**SOURCE MATERIAL**.
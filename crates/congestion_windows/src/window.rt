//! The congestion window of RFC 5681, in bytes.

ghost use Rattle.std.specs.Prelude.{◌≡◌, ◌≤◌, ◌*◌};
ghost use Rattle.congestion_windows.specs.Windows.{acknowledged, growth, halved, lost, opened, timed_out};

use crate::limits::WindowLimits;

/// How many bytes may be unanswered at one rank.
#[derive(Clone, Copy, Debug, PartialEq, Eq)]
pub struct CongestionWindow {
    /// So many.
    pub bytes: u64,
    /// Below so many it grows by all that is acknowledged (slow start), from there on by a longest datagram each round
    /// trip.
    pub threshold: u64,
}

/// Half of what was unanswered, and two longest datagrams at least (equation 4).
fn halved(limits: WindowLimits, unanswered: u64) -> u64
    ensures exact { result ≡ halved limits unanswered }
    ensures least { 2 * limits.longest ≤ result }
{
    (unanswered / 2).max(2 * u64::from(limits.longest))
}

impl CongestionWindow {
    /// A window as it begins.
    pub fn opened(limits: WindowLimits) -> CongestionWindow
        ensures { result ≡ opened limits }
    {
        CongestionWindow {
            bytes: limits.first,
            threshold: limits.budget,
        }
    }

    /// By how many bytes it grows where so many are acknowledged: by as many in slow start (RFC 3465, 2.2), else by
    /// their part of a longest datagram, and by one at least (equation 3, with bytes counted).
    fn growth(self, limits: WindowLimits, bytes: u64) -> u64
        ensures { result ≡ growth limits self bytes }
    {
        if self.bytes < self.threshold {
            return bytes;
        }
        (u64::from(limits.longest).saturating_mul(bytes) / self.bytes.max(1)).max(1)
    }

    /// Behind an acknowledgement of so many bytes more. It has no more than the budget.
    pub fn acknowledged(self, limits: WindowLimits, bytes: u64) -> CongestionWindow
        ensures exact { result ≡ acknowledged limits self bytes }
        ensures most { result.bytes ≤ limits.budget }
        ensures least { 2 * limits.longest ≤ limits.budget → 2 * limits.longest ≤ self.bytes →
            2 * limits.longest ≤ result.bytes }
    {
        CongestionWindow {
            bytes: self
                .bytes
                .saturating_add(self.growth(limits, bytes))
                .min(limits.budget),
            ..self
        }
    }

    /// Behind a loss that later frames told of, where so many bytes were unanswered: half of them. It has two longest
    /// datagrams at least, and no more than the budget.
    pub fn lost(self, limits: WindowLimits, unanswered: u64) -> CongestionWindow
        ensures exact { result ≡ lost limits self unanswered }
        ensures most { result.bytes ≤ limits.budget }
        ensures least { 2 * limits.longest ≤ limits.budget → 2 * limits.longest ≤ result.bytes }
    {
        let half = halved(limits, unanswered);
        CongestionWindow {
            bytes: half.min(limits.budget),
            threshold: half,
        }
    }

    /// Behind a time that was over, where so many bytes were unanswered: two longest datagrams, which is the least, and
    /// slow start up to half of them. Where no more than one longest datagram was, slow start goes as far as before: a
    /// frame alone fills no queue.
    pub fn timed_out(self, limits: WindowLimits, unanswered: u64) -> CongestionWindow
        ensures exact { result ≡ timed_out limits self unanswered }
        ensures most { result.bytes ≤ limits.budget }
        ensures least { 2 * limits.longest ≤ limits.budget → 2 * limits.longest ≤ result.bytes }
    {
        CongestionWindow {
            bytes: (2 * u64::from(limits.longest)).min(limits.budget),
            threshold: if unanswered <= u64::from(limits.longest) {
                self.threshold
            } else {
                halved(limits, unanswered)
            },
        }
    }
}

---

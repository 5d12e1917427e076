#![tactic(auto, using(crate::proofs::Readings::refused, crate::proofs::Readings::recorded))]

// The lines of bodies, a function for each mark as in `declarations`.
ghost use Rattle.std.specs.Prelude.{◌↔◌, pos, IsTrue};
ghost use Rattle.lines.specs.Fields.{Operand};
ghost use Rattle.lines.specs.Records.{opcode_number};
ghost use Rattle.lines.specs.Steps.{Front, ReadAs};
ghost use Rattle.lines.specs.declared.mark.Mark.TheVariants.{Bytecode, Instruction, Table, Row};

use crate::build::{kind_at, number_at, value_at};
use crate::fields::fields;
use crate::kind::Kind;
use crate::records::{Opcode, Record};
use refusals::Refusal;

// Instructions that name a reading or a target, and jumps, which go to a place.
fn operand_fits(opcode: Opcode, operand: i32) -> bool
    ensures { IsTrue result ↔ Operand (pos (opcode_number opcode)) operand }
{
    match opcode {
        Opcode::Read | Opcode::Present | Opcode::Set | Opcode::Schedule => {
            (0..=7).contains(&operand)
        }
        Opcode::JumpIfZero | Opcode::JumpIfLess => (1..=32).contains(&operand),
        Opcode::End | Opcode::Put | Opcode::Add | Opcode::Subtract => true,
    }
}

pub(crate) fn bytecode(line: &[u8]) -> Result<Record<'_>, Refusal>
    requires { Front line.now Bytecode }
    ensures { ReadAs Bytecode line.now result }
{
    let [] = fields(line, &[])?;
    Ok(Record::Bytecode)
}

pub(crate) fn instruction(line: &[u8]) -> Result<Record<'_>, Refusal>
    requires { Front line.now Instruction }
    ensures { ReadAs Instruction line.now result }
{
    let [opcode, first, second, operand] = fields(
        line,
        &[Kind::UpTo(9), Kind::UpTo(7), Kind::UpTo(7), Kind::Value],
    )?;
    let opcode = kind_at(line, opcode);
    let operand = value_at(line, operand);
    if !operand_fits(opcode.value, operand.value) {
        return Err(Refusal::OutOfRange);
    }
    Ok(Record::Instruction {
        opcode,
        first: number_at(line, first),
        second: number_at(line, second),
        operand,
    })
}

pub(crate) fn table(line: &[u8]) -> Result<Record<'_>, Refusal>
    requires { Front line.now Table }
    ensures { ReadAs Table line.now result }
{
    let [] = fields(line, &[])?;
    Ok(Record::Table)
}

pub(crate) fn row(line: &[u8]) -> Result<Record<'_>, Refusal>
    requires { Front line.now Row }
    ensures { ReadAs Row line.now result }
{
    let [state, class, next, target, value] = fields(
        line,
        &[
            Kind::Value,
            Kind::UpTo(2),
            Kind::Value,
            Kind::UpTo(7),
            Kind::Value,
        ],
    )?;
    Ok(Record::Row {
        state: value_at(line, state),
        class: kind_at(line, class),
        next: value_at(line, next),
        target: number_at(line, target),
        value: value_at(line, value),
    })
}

...

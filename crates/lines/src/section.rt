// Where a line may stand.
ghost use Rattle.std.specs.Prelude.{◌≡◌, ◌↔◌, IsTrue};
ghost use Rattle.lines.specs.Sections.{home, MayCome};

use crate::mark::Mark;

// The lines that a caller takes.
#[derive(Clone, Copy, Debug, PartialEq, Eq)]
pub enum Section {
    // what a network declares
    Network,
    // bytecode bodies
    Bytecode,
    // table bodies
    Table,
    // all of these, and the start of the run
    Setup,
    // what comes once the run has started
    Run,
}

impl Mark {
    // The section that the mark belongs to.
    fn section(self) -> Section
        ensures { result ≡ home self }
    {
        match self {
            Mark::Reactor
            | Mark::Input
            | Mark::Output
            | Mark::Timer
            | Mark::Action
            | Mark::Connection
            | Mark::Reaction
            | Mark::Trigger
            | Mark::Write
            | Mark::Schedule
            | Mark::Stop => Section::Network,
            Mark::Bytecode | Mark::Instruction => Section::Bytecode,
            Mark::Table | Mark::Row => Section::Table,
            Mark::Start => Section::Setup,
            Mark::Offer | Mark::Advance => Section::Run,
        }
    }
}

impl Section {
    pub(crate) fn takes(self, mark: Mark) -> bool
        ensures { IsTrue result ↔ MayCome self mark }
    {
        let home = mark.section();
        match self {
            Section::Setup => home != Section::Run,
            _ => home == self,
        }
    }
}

**EXERCISE AIM**.
Lines in the data holding the word "impl": count them and say how many, nothing more.

**RESPONSE TO THE TASK**.
3